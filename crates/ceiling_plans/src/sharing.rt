//! Even shares: each visit of a loop may take what is left over the visits that are left, rounded
//! up.

use crate::loops::{Loop, Loops};
use crate::places::Places;
use crate::plan::Plan;
use crate::trail::Taken;
use std::alloc::{AllocError, Global};

/// The visit of a loop as it began.
#[derive(Drop)]
struct Begun {
    step: u32,
    number: usize,
    /// How many visits were left, this one included.
    visits: i128,
    /// What was left for them.
    left: Vec<Taken>,
}

/// How many visits are remembered at most, as they began.
const MOST: usize = 256;

/// What the visits of loops have left.
#[derive(Drop)]
pub struct Sharing {
    alloc: Global,
    /// By kind, how often the plan takes it.
    times: Vec<i128>,
    /// By loop, how often the plan visits it.
    visits: Vec<i128>,
    /// By kind, what the visits that are left of its innermost loop may take, as long as one of the
    /// loop around lasts.
    left: Vec<i128>,
    /// By loop, how many visits of it are left in that one.
    turns: Vec<i128>,
    begun: Vec<Begun>,
}

/// A number over another, rounded up; 0 where it is less.
fn over(number: i128, by: i128) -> i128 {
    let by = by.max(1).unsigned_abs().max(1);
    let part = number.max(0).unsigned_abs().div_ceil(by);
    i128::try_from(part).unwrap_or(i128::MAX)
}

/// The number at a place.
fn at(numbers: &[i128], place: usize) -> i128 {
    numbers.get(place).copied().unwrap_or(0)
}

/// Adds to the number at a place.
fn add(numbers: &mut [i128], place: usize, more: i128) {
    if let Some(number) = numbers.get_mut(place) {
        *number = number.saturating_add(more);
    }
}

/// Sets the number at a place.
fn set(numbers: &mut [i128], place: usize, to: i128) {
    if let Some(number) = numbers.get_mut(place) {
        *number = to;
    }
}

/// How often a kind is among what was taken.
fn times_of(taken: &[Taken], kind: usize) -> i128 {
    for one in taken {
        if one.kind == kind {
            return one.times;
        }
    }
    0
}

impl Sharing {
    /// That of a plan from a place.
    pub fn of(
        alloc: Global,
        plan: &Plan,
        loops: &Loops,
        places: &Places,
        start: usize,
    ) -> Result<Sharing, AllocError> {
        let mut sharing = Sharing {
            alloc,
            times: plan.times.clone()?,
            visits: vec![in alloc; 0; loops.list.len()]?,
            left: plan.times.clone()?,
            turns: Vec::new(alloc),
            begun: Vec::new(alloc),
        };
        for number in loops.around(start) {
            add(&mut sharing.visits, *number, 1);
        }
        for (number, kind) in places.kinds.iter().enumerate() {
            sharing.visit(loops, number, kind.onto);
        }
        sharing.turns = sharing.visits.clone()?;
        Ok(sharing)
    }

    /// Counts the visits that begin by a kind.
    fn visit(&mut self, loops: &Loops, kind: usize, onto: usize) {
        let times = at(&self.times, kind);
        let chain = loops.chain(kind);
        for number in loops.around(onto) {
            if !chain.contains(number) {
                add(&mut self.visits, *number, times);
            }
        }
    }

    /// A visit of a loop begins, at a place: by kind, it gets its share.
    pub fn begin(
        &mut self,
        share: &mut [i128],
        loops: &Loops,
        number: usize,
        place: usize,
        step: u32,
    ) -> Result<(), AllocError> {
        let Some(one) = loops.list.get(number) else {
            return Ok(());
        };
        let visits = at(&self.turns, number).max(1);
        let mut left = Vec::new(self.alloc);
        for kind in &one.own {
            let times = at(&self.left, *kind);
            left.push(Taken { kind: *kind, times })?;
            set(share, *kind, over(times, visits));
        }
        if self.begun.len() >= MOST {
            self.begun.clear();
        }
        self.begun.push(Begun {
            step,
            number,
            visits,
            left,
        })?;
        add(&mut self.turns, number, -1);
        for inner in &one.inner {
            let is_here = loops.around(place).contains(inner);
            self.begin_inner(share, loops, *inner, is_here);
        }
        Ok(())
    }

    /// What the visits of a loop further in get that one around it has.
    fn begin_inner(&mut self, share: &[i128], loops: &Loops, number: usize, is_here: bool) {
        let Some(one) = loops.list.get(number) else {
            return;
        };
        let mut turns = i128::from(is_here);
        for kind in &one.enter {
            turns = turns.saturating_add(at(share, *kind));
        }
        set(&mut self.turns, number, turns);
        let visits = at(&self.visits, number);
        for kind in &one.own {
            let all = at(&self.times, *kind).saturating_mul(turns);
            set(&mut self.left, *kind, over(all, visits));
        }
    }

    /// Takes so many of a kind.
    pub fn take(&mut self, kind: usize, times: i128) {
        add(&mut self.left, kind, times.saturating_neg());
    }

    /// Takes so many rounds of a loop: so many visits of those further in.
    pub fn go_round(&mut self, loops: &Loops, one: &Loop, taken: &[Taken], rounds: i128) {
        for number in &one.inner {
            let entries = entries_of(loops, *number, taken);
            let all = entries.saturating_mul(rounds);
            add(&mut self.turns, *number, all.saturating_neg());
        }
    }

    /// How many more rounds of a loop there are at most, so that each visit further in gets the
    /// same share as in the one that began behind a step.
    pub fn rounds(&self, loops: &Loops, one: &Loop, since: u32, taken: &[Taken]) -> u128 {
        let mut least = u128::MAX;
        for begun in self.begun.iter().rev() {
            if begun.step < since {
                break;
            }
            if one.inner.contains(&begun.number) {
                let entries = entries_of(loops, begun.number, taken);
                least = least.min(begun.rounds(entries, taken));
            }
        }
        least
    }
}

/// How often a loop is come into by what was taken.
fn entries_of(loops: &Loops, number: usize, taken: &[Taken]) -> i128 {
    let Some(one) = loops.list.get(number) else {
        return 0;
    };
    let mut entries: i128 = 0;
    for kind in &one.enter {
        entries = entries.saturating_add(times_of(taken, *kind));
    }
    entries
}

impl Begun {
    /// How many more rounds there are at most, each with so many visits, so that each gets the
    /// same.
    fn rounds(&self, entries: i128, taken: &[Taken]) -> u128 {
        let mut least = u128::MAX;
        for one in &self.left {
            let share = over(one.times, self.visits);
            let used = times_of(taken, one.kind);
            let more = share.saturating_mul(entries).saturating_sub(used);
            if more > 0 {
                let room = share.saturating_mul(self.visits).saturating_sub(one.times);
                least = least.min(quotient(room, more));
            }
            let below = share.saturating_sub(1);
            let fewer = used.saturating_sub(below.saturating_mul(entries));
            if fewer > 0 {
                let lower = below.saturating_mul(self.visits).saturating_add(1);
                least = least.min(quotient(one.times.saturating_sub(lower), fewer));
            }
        }
        least
    }
}

/// A number over another, rounded down; 0 where it is less.
fn quotient(number: i128, by: i128) -> u128 {
    number.max(0).unsigned_abs() / by.max(1).unsigned_abs().max(1)
}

Exercise: In the material above, find each line that contains the word "AllocError", and select it.

Output of the task:
use std::alloc::{AllocError, Global};
    ) -> Result<Sharing, AllocError> {
    ) -> Result<(), AllocError> {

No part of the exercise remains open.